RECORDED DATA:
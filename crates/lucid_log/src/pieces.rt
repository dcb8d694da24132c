// Texts in pieces, and the numbers in them. Numbers are printed on the stack.
ghost use Rattle.std.specs.Prelude.{◌≡◌, ◌<◌, [], ◌++◌, codes, decimal, OnOk, OnErr};
ghost use Rattle.lucid_io.specs.Puts.{PutsAll, PutsPart, Leaves};
ghost use Rattle.lucid_log.specs.Pieces.{numbers_text, hex_digit as digit_of, hex_text, piece_text, text_of};

use itoa::Buffer;
use lucid_io::{ROOM, Room, Sink, WriteFault, hold, release};

// How many bytes a room has for a short text, as most blocks are.
pub(crate) const SHORT: usize = 512;

// How many bytes a room has for a line of few numbers. All of a room is zeroed, which takes longer than such a line.
const LINE: usize = 64;

/// A piece of a text.
#[derive(Clone, Copy, Debug)]
pub enum Piece<'a> {
    /// These bytes.
    Text(&'a [u8]),
    /// The decimal digits of a number.
    Number(u64),
    /// Numbers in decimal digits, with a comma between each two.
    Numbers(&'a [u64]),
    /// The 16 hexadecimal digits of a number, in lower case.
    Hex(u64),
}

/// Writes the pieces, one after another: all of their text (`text_of`), or a proper prefix of it if the sink's count of faults rose in this call.
pub fn put_pieces<S: Sink>(sink: &mut S, pieces: &[Piece]) -> Result<(), WriteFault>
    ensures all { OnOk result (PutsAll S.written S.faults sink.old sink.new (text_of pieces.now)) }
    ensures part { OnErr result (PutsPart S.written S.faults sink.old sink.new (text_of pieces.now)) }
{
    let most = most_of(pieces);
    if most <= LINE {
        put_line(sink, pieces)
    } else if most <= SHORT {
        put_short(sink, pieces)
    } else {
        put_long(sink, pieces)
    }
}

/// Writes a word, a number and a line feed: a short line, and most lines of a drive are such. It costs less than by pieces.
pub fn put_numbered<S: Sink>(sink: &mut S, word: &[u8], n: u64) -> Result<(), WriteFault>
    ensures all { OnOk result (PutsAll S.written S.faults sink.old sink.new (word.now ++ decimal n ++ codes "\n")) }
    ensures part { OnErr result (PutsPart S.written S.faults sink.old sink.new (word.now ++ decimal n ++ codes "\n")) }
{
    let mut room = Room::<LINE>::new();
    hold(sink, &mut room, word)?;
    hold_number(sink, &mut room, n)?;
    hold(sink, &mut room, b"\n")?;
    release(sink, &mut room)
}

fn put_line<S: Sink>(sink: &mut S, pieces: &[Piece]) -> Result<(), WriteFault>
    ensures all { OnOk result (PutsAll S.written S.faults sink.old sink.new (text_of pieces.now)) }
    ensures part { OnErr result (PutsPart S.written S.faults sink.old sink.new (text_of pieces.now)) }
{
    let mut room = Room::<LINE>::new();
    put_through(sink, &mut room, pieces)
}

fn put_short<S: Sink>(sink: &mut S, pieces: &[Piece]) -> Result<(), WriteFault>
    ensures all { OnOk result (PutsAll S.written S.faults sink.old sink.new (text_of pieces.now)) }
    ensures part { OnErr result (PutsPart S.written S.faults sink.old sink.new (text_of pieces.now)) }
{
    let mut room = Room::<SHORT>::new();
    put_through(sink, &mut room, pieces)
}

fn put_long<S: Sink>(sink: &mut S, pieces: &[Piece]) -> Result<(), WriteFault>
    ensures all { OnOk result (PutsAll S.written S.faults sink.old sink.new (text_of pieces.now)) }
    ensures part { OnErr result (PutsPart S.written S.faults sink.old sink.new (text_of pieces.now)) }
{
    let mut room = Room::<ROOM>::new();
    put_through(sink, &mut room, pieces)
}

// Writes the pieces through a room in which nothing waits.
fn put_through<S: Sink, const N: usize>(
    sink: &mut S,
    room: &mut Room<N>,
    pieces: &[Piece],
) -> Result<(), WriteFault>
    requires { room.old ≡ [] }
    ensures all { OnOk result (PutsAll S.written S.faults sink.old sink.new (text_of pieces.now)) }
    ensures part { OnErr result (PutsPart S.written S.faults sink.old sink.new (text_of pieces.now)) }
{
    hold_pieces(sink, room, pieces)?;
    release(sink, room)
}

// The most bytes of the text of the pieces. No clause needs it: it only decides which buffer size is worth its zeroing.
fn most_of(pieces: &[Piece]) -> usize {
    let mut most: usize = 0;
    for piece in pieces {
        most = most.saturating_add(most_of_piece(piece));
    }
    most
}

fn most_of_piece(piece: &Piece) -> usize {
    match *piece {
        Piece::Text(bytes) => bytes.len(),
        Piece::Number(_) => 20,
        Piece::Numbers(numbers) => numbers.len().saturating_mul(21),
        Piece::Hex(_) => 16,
    }
}

// Buffers the pieces, or writes them on the way. Of the buffered bytes and the new text all was written except the bytes still in the
// buffer.
pub(crate) fn hold_pieces<S: Sink, const N: usize>(
    sink: &mut S,
    room: &mut Room<N>,
    pieces: &[Piece],
) -> Result<(), WriteFault>
    ensures all { OnOk result (Leaves S.written S.faults sink.old sink.new (room.old ++ text_of pieces.now) room.new) }
    ensures part { OnErr result (PutsPart S.written S.faults sink.old sink.new (room.old ++ text_of pieces.now)) }
{
    for piece in pieces {
        hold_piece(sink, room, piece)?;
    }
    Ok(())
}

fn hold_piece<S: Sink, const N: usize>(
    sink: &mut S,
    room: &mut Room<N>,
    piece: &Piece,
) -> Result<(), WriteFault>
    ensures all { OnOk result (Leaves S.written S.faults sink.old sink.new (room.old ++ piece_text piece.now) room.new) }
    ensures part { OnErr result (PutsPart S.written S.faults sink.old sink.new (room.old ++ piece_text piece.now)) }
{
    match *piece {
        Piece::Text(bytes) => hold(sink, room, bytes),
        Piece::Number(n) => hold_number(sink, room, n),
        Piece::Numbers(numbers) => hold_numbers(sink, room, numbers),
        Piece::Hex(n) => hold(sink, room, &hex_digits(n)),
    }
}

pub(crate) fn hold_number<S: Sink, const N: usize>(
    sink: &mut S,
    room: &mut Room<N>,
    n: u64,
) -> Result<(), WriteFault>
    ensures all { OnOk result (Leaves S.written S.faults sink.old sink.new (room.old ++ decimal n) room.new) }
    ensures part { OnErr result (PutsPart S.written S.faults sink.old sink.new (room.old ++ decimal n)) }
{
    let mut digits = Buffer::new();
    hold(sink, room, digits.format(n).as_bytes())
}

pub(crate) fn hold_numbers<S: Sink, const N: usize>(
    sink: &mut S,
    room: &mut Room<N>,
    numbers: &[u64],
) -> Result<(), WriteFault>
    ensures all { OnOk result (Leaves S.written S.faults sink.old sink.new (room.old ++ numbers_text numbers.now) room.new) }
    ensures part { OnErr result (PutsPart S.written S.faults sink.old sink.new (room.old ++ numbers_text numbers.now)) }
{
    let [first, rest @ ..] = numbers else {
        return Ok(());
    };
    hold_number(sink, room, *first)?;
    for number in rest {
        hold(sink, room, b",")?;
        hold_number(sink, room, *number)?;
    }
    Ok(())
}

// The 16 hexadecimal digits.
fn hex_digits(n: u64) -> [u8; 16]
    ensures { result ≡ hex_text n }
{
    let mut digits = [0u8; 16];
    for i in 0..16 {
        digits[i] = hex_digit((n >> (60 - 4 * i)) % 16);
    }
    digits
}

fn hex_digit(digit: u64) -> u8
    requires { digit < 16 }
    ensures { result ≡ digit_of digit }
{
    if digit < 10 {
        b'0' + digit as u8
    } else {
        b'a' - 10 + digit as u8
    }
}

WHAT THE TASK REQUIRES:
Taking the records above as input, show every line in which the word "Rattle" is present.

ANSWER FOR THIS EXERCISE:
ghost use Rattle.std.specs.Prelude.{◌≡◌, ◌<◌, [], ◌++◌, codes, decimal, OnOk, OnErr};
ghost use Rattle.lucid_io.specs.Puts.{PutsAll, PutsPart, Leaves};
ghost use Rattle.lucid_log.specs.Pieces.{numbers_text, hex_digit as digit_of, hex_text, piece_text, text_of};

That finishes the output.